A PGR disse que o processo foi entregue para juízo a 16 deste mês, num momento em que familiares do grupo de detidos reclamam sobre o excesso de prisão preventiva, alegando que foi ultrapassado o prazo máximo de 90 dias sem conhecerem uma acusação e com os advogados a queixarem-se de não estão a ser informados da evolução do processo.

Já o magistrado alegou que o processo está em fase de notificação, podendo acontecer nesta altura apenas uma informação aos advogados sobre a sua tramitação.

"Em princípio, se fossem para lá onde o processo estava a correr a sua tramitação informarem-se, podiam naturalmente ser informados que o processo foi remetido ao tribunal. E aqui também poderiam ser informados onde é que o processo está e depois serem notificados das peças processuais que estão lá, nomeadamente da acusação", disse o juiz presidente do tribunal de Luanda.

Segundo Domingos da Costa Mesquita, estão arrolados no processo 17 indivíduos (dois em liberdade), cuja decisão sobre se aguardam em liberdade ou não o julgamento depende da análise que for feita pelo juiz.

"O juiz ainda não se pronunciou.
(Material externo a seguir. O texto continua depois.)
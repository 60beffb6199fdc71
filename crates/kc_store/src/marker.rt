//! Marks and cleared marks of a part of a group, stored beside the writer.
ghost use Rattle.std.specs.Prelude.{◌≡◌, ◌<◌, ◌≤◌, true, false};
ghost use Rattle.kc_groups.specs.WellFormed.{vertex_at};
ghost use Rattle.kc_store.specs.States.{marker_marked, marker_cleared};
ghost use Rattle.kc_store.specs.Showing.{HasMarkedLent, HasClearedLent};

use crate::moves::{move_at, phase_of, word_of};
use crate::rule::{LentClears, LentMarks, LentNotes, Place};
use crate::store::Store;
use kc_groups::PhasePlan;
use kc_words::pack;
use std::marker::Model;

/// Stores the marks of a range of moves of one group, beside the writer and other markers.
///
/// Contracts see its range, whether the group was published when the range was lent, and the vertices whose moves it
/// noted, marked and cleared. Each call requires the store of the writer that lent the range, and takes no memory.
#[derive(Drop)]
pub struct Marker {
    pub(crate) seat: Place,
    // The place of the group in the plan, as in the seat's state.
    pub(crate) group: u32,
    // Its range, as in the seat's state.
    pub(crate) from: u32,
    pub(crate) to: u32,
}

impl Model for Marker {
    ghost use Rattle.std.specs.Prelude.{◌≡◌};
    ghost use Rattle.kc_store.specs.Seats.{MarkerShape, marker_shape, marker_of, IsMarker};

    ghost Value = { MarkerShape };

    ghost view = { λ m. marker_shape m.seat };

    ghost invariant = { λ m. IsMarker m.seat × (m.group ≡ (marker_of m.seat.me.0).loan.group) × (m.from ≡ (marker_of m.seat.me.0).loan.from) × (m.to ≡ (marker_of m.seat.me.0).loan.to) };
}

impl Marker {
    /// Marks move i of the group, counted from the group's first. The move is in the marker's range. The group was not
    /// published when the marker was lent, and the plan is the one of that time.
    pub fn mark(&mut self, store: &Store, plan: &PhasePlan, i: u32)
        requires table { self.old.table ≡ store.now.table }
        requires plan { plan.now ≡ self.old.state.plan }
        requires range { (self.old.state.loan.from ≤ i) × (i < self.old.state.loan.to) }
        requires early { self.old.state.loan.published ≡ false }
        ensures { self.new ≡ record self.old { state = marker_marked (vertex_at plan.now self.old.state.loan.group i) self.old.state } }
    {
        let group = self.group;
        let seat = &mut self.seat;
        let (m, label) = move_at(plan, group, i);
        let v = m.vertex as usize;
        let old = word_of(m.old);
        let words = &store.table.shared;
        // The old level is stored first: a reader that finds the mark may load the old level.
        words.store::<LentNotes>(seat, 2 * store.n as usize + 1 + v, old);
        words.store::<LentMarks>(seat, v + 1, pack(m.new, label, phase_of(plan)));
    }

    /// Clears move i of the group, counted from the group's first. The move is in the marker's range. The group was
    /// published when the marker was lent, and the plan is the one of that time.
    pub fn clear(&mut self, store: &Store, plan: &PhasePlan, i: u32)
        requires table { self.old.table ≡ store.now.table }
        requires plan { plan.now ≡ self.old.state.plan }
        requires range { (self.old.state.loan.from ≤ i) × (i < self.old.state.loan.to) }
        requires late { self.old.state.loan.published ≡ true }
        ensures { self.new ≡ record self.old { state = marker_cleared (vertex_at plan.now self.old.state.loan.group i) self.old.state } }
    {
        let group = self.group;
        let seat = &mut self.seat;
        let (m, _label) = move_at(plan, group, i);
        store
            .table
            .shared
            .store::<LentClears>(seat, m.vertex as usize + 1, pack(m.new, 0, 0));
    }

    // Returns the first move of its range, and the one after the last.
    fn range(&self) -> (u32, u32)
        ensures { result ≡ (self.now.state.loan.from, self.now.state.loan.to) }
    {
        (self.from, self.to)
    }

    /// Marks each move of the marker's range, in order. The group was not published when the marker was lent, and the
    /// plan is the one of that time.
    pub fn mark_all(&mut self, store: &Store, plan: &PhasePlan)
        requires table { self.old.table ≡ store.now.table }
        requires plan { plan.now ≡ self.old.state.plan }
        requires early { self.old.state.loan.published ≡ false }
        ensures table { self.new.table ≡ self.old.table }
        ensures marked { HasMarkedLent self.old.state.loan.to self.old.state self.new.state }
    {
        let (from, to) = self.range();
        for i in from..to {
            self.mark(store, plan, i);
        }
    }

    /// Clears each move of the marker's range, in order. The group was published when the marker was lent, and the plan
    /// is the one of that time.
    pub fn clear_all(&mut self, store: &Store, plan: &PhasePlan)
        requires table { self.old.table ≡ store.now.table }
        requires plan { plan.now ≡ self.old.state.plan }
        requires late { self.old.state.loan.published ≡ true }
        ensures table { self.new.table ≡ self.old.table }
        ensures cleared { HasClearedLent self.old.state.loan.to self.old.state self.new.state }
    {
        let (from, to) = self.range();
        for i in from..to {
            self.clear(store, plan, i);
        }
    }
}
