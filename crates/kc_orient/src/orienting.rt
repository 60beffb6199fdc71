//! Directs the edges of a graph by the levels of their ends.
ghost use Rattle.std.specs.Prelude.{◌≡◌, ℕ, ◌<◌, ◌++◌, All, IfOk, OnOk, filter, length};
ghost use Rattle.kc_orient.specs.Shape.{above, orientation};

use crate::orientation::{Orientation, leads};
use kc_graph::Graph;
use kc_levels::Levels;
use std::alloc::{AllocError, Global};

// Appends to the list the vertices that are above v.
fn push_above(
    vertices: &[u32],
    levels: &[u16],
    v: u32,
    list: &mut Vec<u32>,
) -> Result<(), AllocError>
    requires v { v < length levels.now }
    requires below { All (λ w. w < length levels.now) vertices.now }
    ensures { OnOk result (list.new.items ≡ list.old.items ++ filter (above levels.now v) vertices.now) }
{
    for w in vertices {
        if leads(levels, v, *w) {
            list.push(*w)?;
        }
    }
    Ok(())
}

/// Returns the orientation of the graph by the levels (`orientation`). Each edge leads to the end that is above the
/// other: on a greater level, or on the same level with the greater number.
///
/// `levels` has a level for each vertex; any levels are allowed. Costs one pass over the vertices and their
/// neighbours. Takes memory for a number an edge, and a number and a level a vertex. Fails only if memory runs out.
pub fn orient(alloc: Global, graph: &Graph, levels: &Levels) -> Result<Orientation, AllocError>
    requires { length levels.now ≡ graph.now.vertices }
    ensures { IfOk result (λ o. o ≡ orientation graph.now levels.now) }
{
    let n = graph.vertices();
    let mut starts = Vec::with_capacity(alloc, n as usize + 1)?;
    let mut heads = Vec::with_capacity(alloc, graph.edge_count() as usize)?;
    starts.push(0)?;
    for v in 0..n {
        push_above(graph.neighbours(v), levels.as_slice(), v, &mut heads)?;
        starts.push(heads.len() as u32)?;
    }
    Ok(Orientation {
        levels: levels.copy(alloc)?,
        starts,
        heads,
    })
}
Quando ele se pronunciar se saberá se deverão manter ou se ficarão em liberdade", disse o magistrado.

No passado dia 20 de Junho, foram detidos pelo Serviço de Investigação Criminal um total de 13 jovens activistas, em flagrante delito, o mesmo acontecendo, nos dias seguintes, com outros dois.

De acordo com a PGR, o grupo dos 15 jovens estaria a preparar um atentado contra o Presidente e outros membros dos órgãos de soberania.

Os detidos em prisão preventiva são Henrique Luaty Beirão, Manuel "Nito Alves", Afonso Matias "Mbanza Hamza", José Gomes Hata, Hitler Jessy Chivonde, Inocêncio António de Brito, Sedrick Domingos de Carvalho, Albano Evaristo Bingocabingo, Fernando António Tomás "Nicola", Nelson Dibango Mendes dos Santos, Arante Kivuvu Lopes, Nuno Álvaro Dala, Benedito Jeremias, Domingos José da Cruz e Osvaldo Caholo (tenente das Forças Armadas Angolanas).

Questionado sobre se a presença de um elemento das Forças Armadas Angolanas implicaria a envolvência do Tribunal Militar, o magistrado rejeitou a hipótese, realçando que se trata de um crime comum.

Associados ao Movimento Revolucionário, os jovens detidos alegam que se encontravam regularmente para discutir intervenção política e cívica, inclusive com acções de formação, como a que decorria na altura da detenção e que envolveria também a leitura de um livro sobre estas matérias.